Culture At Large

The Christ-like intimacy of Richard Renaldi’s Touching Strangers

John Van Sloten

Richard Renaldi, a photographer in New York City, is creating foretastes of heaven on earth.

Renaldi is taking total strangers off the street and intimately posing them for a project he calls Touching Strangers.

His portraits are compelling. Two individuals who don’t even know each other appear to care for one another as they hold hands, embrace closely and look deeply into each other’s eyes. A man in his thirties wraps his arms around a woman in her nineties. A police officer holds a child.

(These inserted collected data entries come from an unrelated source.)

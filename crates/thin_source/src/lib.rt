// A region's keypoints, looked for in a source: counted, written out, cut at a strength, held in a run, and parted for its quarters.
#![tactic(auto)]

ghost use Rattle.std.specs.Prelude.{◌≡◌, false, cond, ◌&&◌, ◌+◌, ◌^◌, ◌≤◌, ◌<◌, leb, ltb, length, set};
ghost use Rattle.params.specs.Limits.{max_keypoints};
ghost use Rattle.counts.specs.Counts.{counted};
ghost use Rattle.thin_rule.specs.Rule.{points_in, many};
ghost use Rattle.thin_rule.specs.Strength.{strength, strong, edged, Ordered, Sound};
ghost use Rattle.thin_source.specs.Sources.{candidate, found, Stands, Covers, Reaches, source_of, Split, is_all, from_of, to_of};
ghost use Rattle.thin_source.specs.Adds.{Added};

use params::KEYPOINT_WORDS;
use thin_part::Cut;
use thin_rule::{Edges, Region};

// So few of a region are found one by one.
const FEW: usize = 8;

// Where a region's keypoints are looked for: among all positions from the first number to below the second, or among those that the lent list holds there.
#[derive(Clone, Copy)]
pub enum Source {
    All(usize, usize),
    Held(usize, usize),
}

// Gone over by ranges of places: how many came before a place bounds the sums on the way, which a closure or an iterator would have to carry besides.
impl Source {
    // Its places, from the first to below the second.
    fn places(self) -> (usize, usize)
        ensures { (result.0 ≡ from_of self) × (result.1 ≡ to_of self) }
    {
        match self {
            Source::All(from, to) | Source::Held(from, to) => (from, to),
        }
    }

    // The position at a place, which is the place itself where all are looked at.
    #[tactic(auto, unfolding(crate::specs::Sources::candidate))]
    fn candidate(self, s: &[u32], k: usize) -> usize
        requires { is_all self ≡ false → k < length s.now }
        ensures { result ≡ candidate (is_all self) s.now k }
    {
        match self {
            Source::All(_, _) => k,
            Source::Held(_, _) => s[k] as usize,
        }
    }
}

// The least and the largest strength of a list, or less and more.
#[derive(Clone, Copy)]
pub struct Reach {
    pub low: u64,
    pub high: u64,
}

// How many keypoints a region has, and the source for all that is asked of it further.
#[derive(Clone, Copy)]
pub struct Found {
    pub many: usize,
    pub source: Source,
}

// A keypoint between the edges that is at least so strong.
fn is_strong(words: &[u32], e: Edges, t: u64, p: usize) -> bool
    requires { (p < points_in words.now) × (points_in words.now ≤ max_keypoints) }
    ensures { result ≡ (edged words.now e p && leb t (strength words.now p)) }
{
    thin_rule::in_region(words, e, p) && t <= thin_rule::strength_of(words, p)
}

// How many of the region's keypoints are at least so strong.
fn tally(words: &[u32], r: Region, t: u64, s: &[u32], c: Source) -> usize
    requires ordered { Ordered r × Sound words.now }
    requires stands { Stands (points_in words.now) s.now c }
    ensures { result ≡ found s.now c (strong words.now r t) }
{
    let e = thin_rule::edges_of(r);
    let (from, to) = c.places();
    let mut m = 0;
    for k in from..to {
        m += usize::from(is_strong(words, e, t, c.candidate(s, k)));
    }
    m
}

fn put_if(out: &mut [u32], at: usize, p: usize, yes: bool)
    requires { p < 2 ^ 32 }
    ensures { out.new ≡ cond (yes && ltb at (length out.old)) (set out.old at p) out.old }
{
    if yes && at < out.len() {
        out[at] = p as u32;
    }
}

// Writes those out from `at` on, as far as there is room, and answers where they end.
pub fn put(
    words: &[u32],
    r: Region,
    t: u64,
    s: &[u32],
    c: Source,
    out: &mut [u32],
    at: usize,
) -> usize
    requires ordered { Ordered r × Sound words.now }
    requires stands { Stands (points_in words.now) s.now c }
    requires t_bound { at + found s.now c (strong words.now r t) < 2 ^ 64 }
    ensures { Added (λ g. found s.now c (λ p. strong words.now r t p && g p)) out.old out.new at result }
{
    let e = thin_rule::edges_of(r);
    let (from, to) = c.places();
    let mut m = at;
    for k in from..to {
        let p = c.candidate(s, k);
        let yes = is_strong(words, e, t, p);
        put_if(out, m, p, yes);
        m += usize::from(yes);
    }
    m
}

// The larger of a strength so far and of a candidate's, if it is one of the region that is no stronger than u.
fn stronger(words: &[u32], e: Edges, u: u64, b: u64, p: usize) -> u64
    requires { (p < points_in words.now) × (points_in words.now ≤ max_keypoints) }
    ensures { result ≡ cond ((edged words.now e p && leb (strength words.now p) u) && ltb b (strength words.now p)) (strength words.now p) b }
{
    if thin_rule::in_region(words, e, p) {
        let t = thin_rule::strength_of(words, p);
        if (t <= u) & (b < t) { t } else { b }
    } else {
        b
    }
}

// The largest strength of the region's keypoints up to u, where there is one.
fn next(words: &[u32], r: Region, u: u64, s: &[u32], c: Source) -> u64
    requires ordered { Ordered r × Sound words.now }
    requires covers { Covers words.now r s.now c }
    requires u_bound { counted 0 (points_in words.now) (strong words.now r (u + 1)) < many words.now r }
    ensures { counted 0 (points_in words.now) (strong words.now r result) ≡ counted 0 (points_in words.now) (strong words.now r (u + 1)) + 1 }
{
    let e = thin_rule::edges_of(r);
    let (from, to) = c.places();
    let mut b = 0;
    for k in from..to {
        b = stronger(words, e, u, b, c.candidate(s, k));
    }
    b
}

// The strength from which on the region has exactly q keypoints: one after the other, from the strongest on.
fn top(words: &[u32], r: Region, q: usize, h: Reach, s: &[u32], c: Source) -> u64
    requires ordered { Ordered r × Sound words.now }
    requires covers { Covers words.now r s.now c × Reaches words.now h }
    requires le_q { (1 ≤ q) × (q < many words.now r) }
    ensures { counted 0 (points_in words.now) (strong words.now r result) ≡ q }
{
    let mut t = next(words, r, h.high, s, c);
    for found in 1..q {
        t = next(words, r, t - 1, s, c);
    }
    t
}

// The same, found by halving the reach.
fn halve(words: &[u32], r: Region, q: usize, h: Reach, s: &[u32], c: Source) -> u64
    requires ordered { Ordered r × Sound words.now }
    requires covers { Covers words.now r s.now c × Reaches words.now h }
    requires le_q { (1 ≤ q) × (q < many words.now r) }
    ensures { counted 0 (points_in words.now) (strong words.now r result) ≡ q }
{
    let mut lo = h.low;
    let mut hi = h.high;
    while lo < hi {
        let mid = lo + ((hi - lo - 1) / 2 + 1);
        let m = tally(words, r, mid, s, c);
        if m == q {
            return mid;
        }
        if m > q {
            lo = mid;
        } else {
            hi = mid - 1;
        }
    }
    lo
}

// The strength from which on the region has exactly q keypoints.
pub fn cut(words: &[u32], r: Region, q: usize, h: Reach, s: &[u32], c: Source) -> u64
    requires ordered { Ordered r × Sound words.now }
    requires covers { Covers words.now r s.now c × Reaches words.now h }
    requires le_q { (1 ≤ q) × (q < many words.now r) }
    ensures { counted 0 (points_in words.now) (strong words.now r result) ≡ q }
{
    if q < FEW {
        top(words, r, q, h, s, c)
    } else {
        halve(words, r, q, h, s, c)
    }
}

// Counts the region's keypoints. Of all positions it puts them into the lent list, which is their source from then on if it took them all.
pub fn hold(words: &[u32], r: Region, s: &mut [u32], c: Source) -> Found
    requires ordered { Ordered r × Sound words.now }
    requires covers { Covers words.now r s.old c }
    ensures many_value { (result.many ≡ many words.now r) × Covers words.now r s.new result.source }
    ensures source_value { is_all c ≡ false → (result.source ≡ c) × (s.new ≡ s.old) }
{
    match c {
        Source::All(_, _) => {
            let many = put(words, r, 0, &[], c, s, 0);
            if many <= s.len() {
                Found {
                    many,
                    source: Source::Held(0, many),
                }
            } else {
                Found { many, source: c }
            }
        }
        Source::Held(_, _) => Found {
            many: tally(words, r, 0, s, c),
            source: c,
        },
    }
}

// Parts a run in four, for the region's quarters: where each part begins, and where the last ends.
pub fn split(words: &[u32], r: Region, s: &mut [u32], c: Source) -> [usize; 5]
    requires ordered { Ordered r × Sound words.now }
    requires covers { Covers words.now r s.old c }
    ensures { Split words.now r s.old s.new c result }
{
    match c {
        Source::All(from, _) => [from; 5],
        Source::Held(from, to) => {
            let x = thin_rule::edge_at(r.left + (r.right - r.left) / 2);
            let y = thin_rule::edge_at(r.top + (r.bottom - r.top) / 2);
            let third = thin_part::part(words, Cut::Row(y), s, from, to);
            let second = thin_part::part(words, Cut::Column(x), s, from, third);
            let fourth = thin_part::part(words, Cut::Column(x), s, third, to);
            [from, second, third, fourth, to]
        }
    }
}

// The source of the quarter k.
#[tactic(auto, unfolding(crate::specs::Sources::source_of))]
pub fn source_of(c: Source, b: [usize; 5], k: usize) -> Source
    requires { k < 4 }
    ensures { result ≡ source_of c b k }
{
    match c {
        Source::All(_, _) => c,
        Source::Held(_, _) => Source::Held(b[k], b[k + 1]),
    }
}

// The reach of a list, in one run over it.
pub fn reach_of(words: &[u32]) -> Reach
    requires { points_in words.now ≤ max_keypoints }
    ensures { Reaches words.now result }
{
    let mut low = u64::MAX;
    let mut high = 0;
    for i in 0..words.len() / KEYPOINT_WORDS {
        let t = thin_rule::strength_of(words, i);
        low = low.min(t);
        high = high.max(t);
    }
    Reach { low, high }
}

For brief moments, age, gender, race and socio-economic barriers seem to disappear.

Of course, this photographer is artificially creating these poses, but as CBS reporter Steve Hartman discovered, something surprising happened to Renaldi’s subjects as they submitted to his artistic direction. Among their responses:

"I felt like I cared for her."

"I felt like it brought down a lot of barriers."

“It was a good feeling.”

“It was nice to feel that comfort.”

Really? After spending just a few moments touching a total stranger?

We’re not meant to be afraid of each other. Society was never meant to have so many boundaries.

As I watched the news story - first feeling the awkwardness and then experiencing the goodness of intimate human interaction regained - I felt a profound sense of rightness. We’re not meant to be afraid of each other. Society was never meant to have so many boundaries. Human beings are made to relate, to see each other, to make eye contact, to stop and talk and sometimes to even touch. And it seems that, even if this is artificially imposed upon us, even if it comes too soon or from an unknown source, our capacity to relate and even love is irrepressible. Put in the right position with another human being, we’ll care for them!

The touch that this photographer mediates is wonderfully disconcerting; hands on waists, across chests and near people’s faces. Leaning on each other or lifting another up.

In a recent tweet, Franciscan author and teacher Richard Rohr wrote, “I believe vulnerable intimacy is the entrance into and the linchpin between all human and divine love.” Rohr is imaging his Maker when he writes these words. In order to love us best, God chose to incarnate and take on eyes, a voice and hands. He let us hold Him as an infant. He touched our eyes. We physically leaned on Him.

Like this photographer, Jesus had the artistic vision to create the right context for intimacy. He too takes great joy in positioning us in ways that enable community to be restored. Jesus works to take away fear and lowers the walls of those willing to submit to His direction.

And sometimes He does His work through photographers. When we experience the goodness of Renaldi’s reconciling work, we’re actually witnessing the barrier dropping, world-restoring Spirit of Christ at work.

Hartman concludes his CBS story with a thoughtful observation about what he’d just witnessed. While his words were meant to reference Renaldi, they could just as easily be said of Jesus Christ: “He shows us humanity as it could be - as most of us wish it would be - and as it was, at least for this one fleeting moment in time.”